True positives, false positives, and false negatives are identified with the help of the Intersection over Union (IoU) ratio. This ratio is calculated by comparing the ground truth box with the model predicted box. If the ratio is above the user-defined threshold, the predicted box is labeled as TP. In this study, the threshold for IoU was set to 0.5. The mAP value ranges between 0 and 1, with 0 indicating null accuracy and 1 indicating perfect accuracy. Only the AP for MG and Grass were averaged to calculate mAP under Detect_Species. AP for Other were found to be very low due to a very small test sample size during the evaluation which led to non-representative mAP values; thus, the accuracy for Other category was excluded during the evaluation process for both frameworks and schemes.
Results and Discussion
Performance of the Main Cotton Model Over Cotton Test Datasets
Two popular object detection frameworks, YOLOv4 and Faster R-CNN were trained to detect weeds in cotton and non-cotton crops. Train100 was used to build two cotton-weed detection models under different detection schemes for each framework. Both YOLOv4 and Faster R-CNN provided reasonably fair accuracy levels under both detection schemes for Cot1 (Table 3). Under Detect_Species, AP was higher for MG compared to Grass. Although grasses were visible to naked eyes and also discernible in the images, the model failed to detect a few grass instances. On the contrary, the model led to over-detection (i.e., more plants were predicted than what was present) when these grasses had multiple tillers spread out. Lottes et al. (2018) also observed lower AP for grasses compared to broadleaves when they tested their weed detection model on UAV imageries. However, the opposite was true when they tested on images collected using a ground robot.
Table 3. Accuracy obtained for various test datasets with YOLOv4 and Faster R-CNN under Detect_Weed and Detect_Species using the main cotton model.
When the same models were tested over the second cotton dataset (i.e., Cot2) collected in 2021, the AP & mAP values declined by 12.5 & 14.5% and 11.7 & 22.5% for YOLOv4 and Faster R-CNN, respectively. Unlike Cot1, AP was higher for Grass than for MG for both frameworks under Detect_Species. It should be noted that Cot2 differed from Cot1 in three aspects: (1) Cot2 had a relatively higher density of weeds and the median size of MG and Grass differed from that of Cot1, (2) some of the cotton plants in Cot2 had slightly different visual appearance due to herbicide drift, and (3) the illumination conditions for Cot2 was slightly darker than that of Cot1. Hu et al. (2021) suggested that illumination conditions can affect weed detection accuracy. With respect to herbicide drift impact, Suarez et al. (2017) found in cotton that drift can lead to a significant change in the spectral behavior of the crop. All these reports indicate that morphological, agronomical, and illumination differences can be attributed to the lower accuracy levels observed for Cot2.
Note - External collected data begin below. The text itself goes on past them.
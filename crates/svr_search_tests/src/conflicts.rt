// A conflict at the first level.

ghost use Rattle.std.specs.Prelude.{◌≡◌, [], IfOk, IfSome};
ghost use Rattle.svr_trail.specs.Trail.{IsFault};

use crate::clauses::{cnf, lits};
use crate::memory::let_go;
use std::alloc::Global;
use std::marker::Brand;
use std::sync::ledger::{Blank, Ledger};
use svr_cdcl::{NoMemory, Search};
use svr_chain::Clause;
use svr_watch::Steps;

fn count_visits<L: Ledger>(blank: Blank, search: &mut Search) -> Option<u64>
    requires name { blank.name ≡ L.name }
    requires parts { blank.parts ≡ L.parts }
    requires one { blank.parts ≡ 1 }
    ensures vars { search.new.vars ≡ search.old.vars }
    ensures ends { search.new.ends ≡ search.old.ends }
    ensures fault { IfSome result (IsFault search.new.clauses search.new.entries) }
{
    let mut steps: Steps<L> = Steps::new(blank);
    search.propagate(&mut steps)
}

fn propagate(search: &mut Search) -> Option<u64>
    ensures vars { search.new.vars ≡ search.old.vars }
    ensures ends { search.new.ends ≡ search.old.ends }
    ensures fault { IfSome result (IsFault search.new.clauses search.new.entries) }
{
    count_visits::<Brand>(Blank::new(1), search)
}

/// Whether no literal is needed to explain that the clauses conflict.
fn is_explained(search: &mut Search) -> bool {
    match propagate(search) {
        Some(number) => {
            let explained = search.explain(number, None);
            let is_so = match &explained {
                Ok(explained) => explained.lits.lits().is_empty(),
                Err(_) => false,
            };
            let_go(explained);
            is_so
        }
        None => false,
    }
}

/// Whether the negation of 1 is learned as the second clause.
fn is_learned(alloc: Global, search: &mut Search) -> Result<bool, NoMemory>
    requires vars { search.old.vars ≡ 1 }
    requires level { search.old.ends ≡ [] }
{
    let number = search.learn(Clause::new(lits(alloc, 1, &[-1])?))?;
    Ok(number == 2)
}

/// Whether nothing conflicts, until the negation of 1 is learned as the second clause.
fn conflicts(alloc: Global, search: &mut Search) -> bool
    requires vars { search.old.vars ≡ 1 }
    requires level { search.old.ends ≡ [] }
{
    if propagate(search).is_some() || search.level() != 0 {
        return false;
    }
    match is_learned(alloc, search) {
        Ok(is_learned) => is_learned && is_explained(search),
        Err(_) => false,
    }
}

/// A search over the clause of 1 alone.
fn search_of(alloc: Global) -> Result<Search, NoMemory>
    ensures vars { IfOk result (λ search. search.vars ≡ 1) }
    ensures level { IfOk result (λ search. search.ends ≡ []) }
{
    let cnf = cnf(alloc, 1, &[&[1]])?;
    let search = Search::new(alloc, &cnf);
    let_go(cnf);
    search
}

#[test]
fn explains_a_conflict_at_level_0(rt: HostRuntime) {
    let mut made = search_of(rt.alloc());
    let found = match &mut made {
        Ok(search) => conflicts(rt.alloc(), search),
        Err(_) => false,
    };
    let_go(made);
    assert!(rt; found);
}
Very few studies have looked at weed detection and mapping in cotton. Alchanatis et al. (2005) used rank order algorithms and neighborhood operations to detect broadleaves and grass weeds in cotton. With their approach, 86% of the true weed area was correctly identified, with only 14% misclassified as cotton. Lamm et al. (2002) developed an early growth stage weed control system for cotton. Using morphological analysis such as binarization and erosion, their system was able to correctly identify and spray 88.8% of the weeds. On a different note, both frameworks used in this study have been already used in other weed detection studies. For example, Gao et al. (2020) employed YOLOv4 and Tiny YOLO to detect field bindweed (Convolvulus sepium) in sugar beet (Beta vulgaris) fields. They used synthetic images in addition to real images to train the framework and obtained an mAP50 value of 0.829 for field bindweed detection. Osorio et al. (2020) used YOLOv3 and other object detection frameworks for weed detection in commercial lettuce crops and obtained an overall accuracy of 89% with YOLOv3. Using the Faster R-CNN framework with the Inception_ResNet-V2 backbone, Le et al. (2020) achieved an mAP0.50 value of 0.55 for detection of wild radish (Raphanus raphanistrum) and capeweed (Arctotheca calendula) in barley. The overall accuracy obtained in this study for weed detection compares well with reported accuracies by past studies.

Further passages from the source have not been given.